He had successfully avoided meeting his landlady on the staircase. His
garret was under the roof of a high, five-storied house and was more
like a cupboard than a room. The landlady who provided him with garret,
dinners, and attendance, lived on the floor below, and every time
he went out he was obliged to pass her kitchen, the door of which
invariably stood open. And each time he passed, the young man had a
sick, frightened feeling, which made him scowl and feel ashamed. He was
hopelessly in debt to his landlady, and was afraid of meeting her.
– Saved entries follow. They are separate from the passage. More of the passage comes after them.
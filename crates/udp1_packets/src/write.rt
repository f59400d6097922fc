//! Writing packets.

ghost use Rattle.std.specs.Prelude.{◌≡◌, ◌+◌, ◌≤◌, ◌++◌, [], ◌∷◌, length, drop, IfOk, IfErr, IsOk, OnErr, Err, is_some};
ghost use Rattle.std.specs.Option.{option_copied, option_map};
ghost use Rattle.byteorder.specs.Endian.{big_bytes};
ghost use Rattle.mt_base.specs.Filling.{Fills, fills};
ghost use Rattle.mt_base.specs.Writing.{puts};
ghost use Rattle.udp1_packets.specs.Layout.{block_fields, extension_fields, vector_fields, aoa_fields, body_fields, flag_if, announced, zeros_after, zeros, IsVector, IsTold, IsBody, IsPacket, written_fields, spelled};
ghost use Rattle.udp1_packets.specs.Value.{SynBody};
ghost use Rattle.udp1_packets.specs.Views.{extended_of, syn_of, body_of, packet_of};

use crate::flags;
use crate::packet::{Body1, Extension, Packet1, Syn1};
use mt_base::{NoRoom, Place, Spell, write};

fn put_block<P: Place>(place: &mut P, block: Option<&[u8]>) -> Result<(), NoRoom>
    ensures same { P.lent place.new ≡ P.lent place.old }
    ensures filled { let fields = block_fields (option_copied block.entry) in
        Fills (P.filling place.new) result (fills fields (P.filling place.old)) }
{
    match block {
        None => Ok(()),
        Some(bytes) => place.put(bytes),
    }
}

fn put_extension<P: Place>(place: &mut P, extension: Option<Extension<'_>>) -> Result<(), NoRoom>
    ensures same { P.lent place.new ≡ P.lent place.old }
    ensures filled { let fields = extension_fields (option_map extended_of extension.entry) in
        Fills (P.filling place.new) result (fills fields (P.filling place.old)) }
{
    match extension {
        None => Ok(()),
        Some(extension) => {
            place.put_u16_be(extension.flags)?;
            place.put_u16_be(extension.version)?;
            put_block(place, extension.hash)
        }
    }
}

#[tactic(auto, using(mt_base::proofs::Steps::by_parts))]
fn put_syn<P: Place>(place: &mut P, syn: &Syn1<'_>) -> Result<(), NoRoom>
    ensures same { P.lent place.new ≡ P.lent place.old }
    ensures filled { let body = SynBody (syn_of syn.now) in
        let fields = body_fields body (zeros body) in
        Fills (P.filling place.new) result (fills fields (P.filling place.old)) }
{
    place.put_u32_be(syn.initial)?;
    place.put_u16_be(syn.up)?;
    place.put_u16_be(syn.down)?;
    put_block(place, syn.correlation)?;
    put_extension(place, syn.extension)?;
    place.put_zeros(syn.padding)
}

/// Writes a vector of these elements, and zeros that fill its last unit.
fn put_vector<P: Place>(place: &mut P, vector: Option<&[u8]>) -> Result<(), NoRoom>
    requires { IsVector (option_copied vector) }
    ensures same { P.lent place.new ≡ P.lent place.old }
    ensures filled { let elements = option_copied vector.entry in
        let fields = vector_fields elements (zeros_after elements) in
        Fills (P.filling place.new) result (fills fields (P.filling place.old)) }
{
    match vector {
        None => Ok(()),
        Some(elements) => {
            place.put_u16_be(elements.len() as u16)?;
            place.put(elements)?;
            place.put_zeros((4 - (2 + elements.len()) % 4) % 4)
        }
    }
}

fn put_number<P: Place>(place: &mut P, number: Option<u32>) -> Result<(), NoRoom>
    ensures same { P.lent place.new ≡ P.lent place.old }
    ensures filled { Fills (P.filling place.new) result
        (fills (aoa_fields number) (P.filling place.old)) }
{
    match number {
        None => Ok(()),
        Some(number) => place.put_u32_be(number),
    }
}

/// Writes the vector and the acknowledgement of acknowledgements.
#[tactic(auto, using(mt_base::proofs::Steps::by_parts))]
fn put_told<P: Place>(place: &mut P, vector: Option<&[u8]>, aoa: Option<u32>) -> Result<(), NoRoom>
    requires { IsTold (option_copied vector) aoa }
    ensures same { P.lent place.new ≡ P.lent place.old }
    ensures filled { let elements = option_copied vector.entry in
        let fields = vector_fields elements (zeros_after elements) ++ aoa_fields aoa in
        Fills (P.filling place.new) result (fills fields (P.filling place.old)) }
{
    put_vector(place, vector)?;
    put_number(place, aoa)
}

/// A flag, where something is so.
fn flag_if(set: bool, flag: u16) -> u16
    ensures { result ≡ flag_if set flag }
{
    if set { flag } else { 0 }
}

/// The flags that announce a vector and an acknowledgement of acknowledgements.
#[tactic(auto, using(crate::proofs::Words::told_code))]
fn announced_told(vector: Option<&[u8]>, aoa: Option<u32>) -> u16
    ensures { let there = is_some (option_copied vector.entry) in
        result ≡ flag_if there 0x0004 + flag_if (is_some aoa) 0x0100 }
{
    flag_if(vector.is_some(), flags::ACK) | flag_if(aoa.is_some(), flags::ACK_OF_ACKS)
}

/// The flags that announce what the body holds.
#[tactic(auto, using(crate::proofs::Words::codes))]
fn announced(body: &Body1<'_>) -> u16
    ensures { result ≡ announced (body_of body.now) }
{
    match *body {
        Body1::Syn(syn) => {
            flags::SYN
                | flag_if(syn.answer, flags::ACK)
                | flag_if(syn.correlation.is_some(), flags::CORRELATION_ID)
                | flag_if(syn.extension.is_some(), flags::SYNEX)
        }
        Body1::Data { vector, aoa, .. } => flags::DATA | announced_told(vector, aoa),
        Body1::Fec { vector, aoa, .. } => flags::DATA | flags::FEC | announced_told(vector, aoa),
        Body1::Bare { vector, aoa, .. } => announced_told(vector, aoa),
    }
}

/// Writes a source packet's numbers and bytes.
fn put_data<P: Place>(place: &mut P, coded: u32, start: u32, bytes: &[u8]) -> Result<(), NoRoom>
    ensures same { P.lent place.new ≡ P.lent place.old }
    ensures filled { let fields = big_bytes 4 coded ∷ big_bytes 4 start ∷ bytes.now ∷ [] in
        Fills (P.filling place.new) result (fills fields (P.filling place.old)) }
{
    place.put_u32_be(coded)?;
    place.put_u32_be(start)?;
    place.put(bytes)
}

/// Writes the numbers and the bytes of a packet of forward error correction.
fn put_fec<P: Place>(
    place: &mut P,
    coded: u32,
    start: u32,
    range: u8,
    index: u8,
    bytes: &[u8],
) -> Result<(), NoRoom>
    ensures same { P.lent place.new ≡ P.lent place.old }
    ensures filled { let fields = big_bytes 4 coded ∷ big_bytes 4 start ∷ big_bytes 1 range
        ∷ big_bytes 1 index ∷ (0 ∷ 0 ∷ []) ∷ bytes.now ∷ [] in
        Fills (P.filling place.new) result (fills fields (P.filling place.old)) }
{
    place.put_u32_be(coded)?;
    place.put_u32_be(start)?;
    place.put_u8(range)?;
    place.put_u8(index)?;
    place.put(&[0, 0])?;
    place.put(bytes)
}

#[tactic(auto, using(mt_base::proofs::Steps::by_parts))]
fn put_body<P: Place>(place: &mut P, body: &Body1<'_>) -> Result<(), NoRoom>
    requires { IsBody (body_of body.now) }
    ensures same { P.lent place.new ≡ P.lent place.old }
    ensures filled { let body = body_of body.now in
        let fields = body_fields body (zeros body) in
        Fills (P.filling place.new) result (fills fields (P.filling place.old)) }
{
    match *body {
        Body1::Syn(syn) => put_syn(place, &syn),
        Body1::Data {
            vector,
            aoa,
            coded,
            start,
            bytes,
        } => {
            put_told(place, vector, aoa)?;
            put_data(place, coded, start, bytes)
        }
        Body1::Fec {
            vector,
            aoa,
            coded,
            start,
            range,
            index,
            bytes,
        } => {
            put_told(place, vector, aoa)?;
            put_fec(place, coded, start, range, index, bytes)
        }
        Body1::Bare { vector, aoa, rest } => {
            put_told(place, vector, aoa)?;
            place.put(rest)
        }
    }
}

/// The fields of a packet in order.
impl Spell for Packet1<'_> {
    ghost use Rattle.udp1_packets.specs.Layout.{IsPacket, written_fields};
    ghost use Rattle.udp1_packets.specs.Views.{packet_of};

    ghost fields = { λ p. written_fields (packet_of p) };

    ghost fits = { λ p. IsPacket (packet_of p) };

    #[tactic(auto, using(crate::proofs::Words::word_is))]
    fn spell<P: Place>(&self, place: &mut P) -> Result<(), NoRoom> {
        place.put_u32_be(self.ack)?;
        place.put_u16_be(self.window)?;
        place.put_u16_be(self.marks | announced(&self.body))?;
        put_body(place, &self.body)
    }
}

/// Writes the packet at the front of `out`, and gives the number of its bytes (MS-RDPEUDP section
/// 2.2). The packet is one that the layout has. What no reader looks at is written as zeros.
///
/// Where a field does not fit it is [`NoRoom`], with that field's place and length, and `out` stays
/// as it was.
pub fn write1(packet: &Packet1<'_>, out: &mut [u8]) -> Result<usize, NoRoom>
    requires { IsPacket (packet_of packet.now) }
    ensures ok { let text = spelled (packet_of packet.now) in
        IfOk result (λ n. (n ≡ length text) × (out.new ≡ text ++ drop n out.old)) }
    ensures fits { length (spelled (packet_of packet.now)) ≤ length out.old → IsOk result }
    // The first field that does not fit.
    ensures no_room { let fields = written_fields (packet_of packet.now) in
        IfErr result (λ e. puts fields (record { before = []; after = out.old }) ≡ Err e) }
    ensures unchanged { OnErr result (out.new ≡ out.old) }
{
    write(packet, out)
}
This was not because he was cowardly and abject, quite the contrary; but
for some time past he had been in an overstrained irritable condition,
verging on hypochondria. He had become so completely absorbed in
himself, and isolated from his fellows that he dreaded meeting, not
only his landlady, but anyone at all. He was crushed by poverty, but the
anxieties of his position had of late ceased to weigh upon him. He had
given up attending to matters of practical importance; he had lost all
desire to do so. Nothing that any landlady could do had a real terror
for him. But to be stopped on the stairs, to be forced to listen to her
trivial, irrelevant gossip, to pestering demands for payment, threats
and complaints, and to rack his brains for excuses, to prevaricate, to
lie—no, rather than that, he would creep down the stairs like a cat and
slip out unseen.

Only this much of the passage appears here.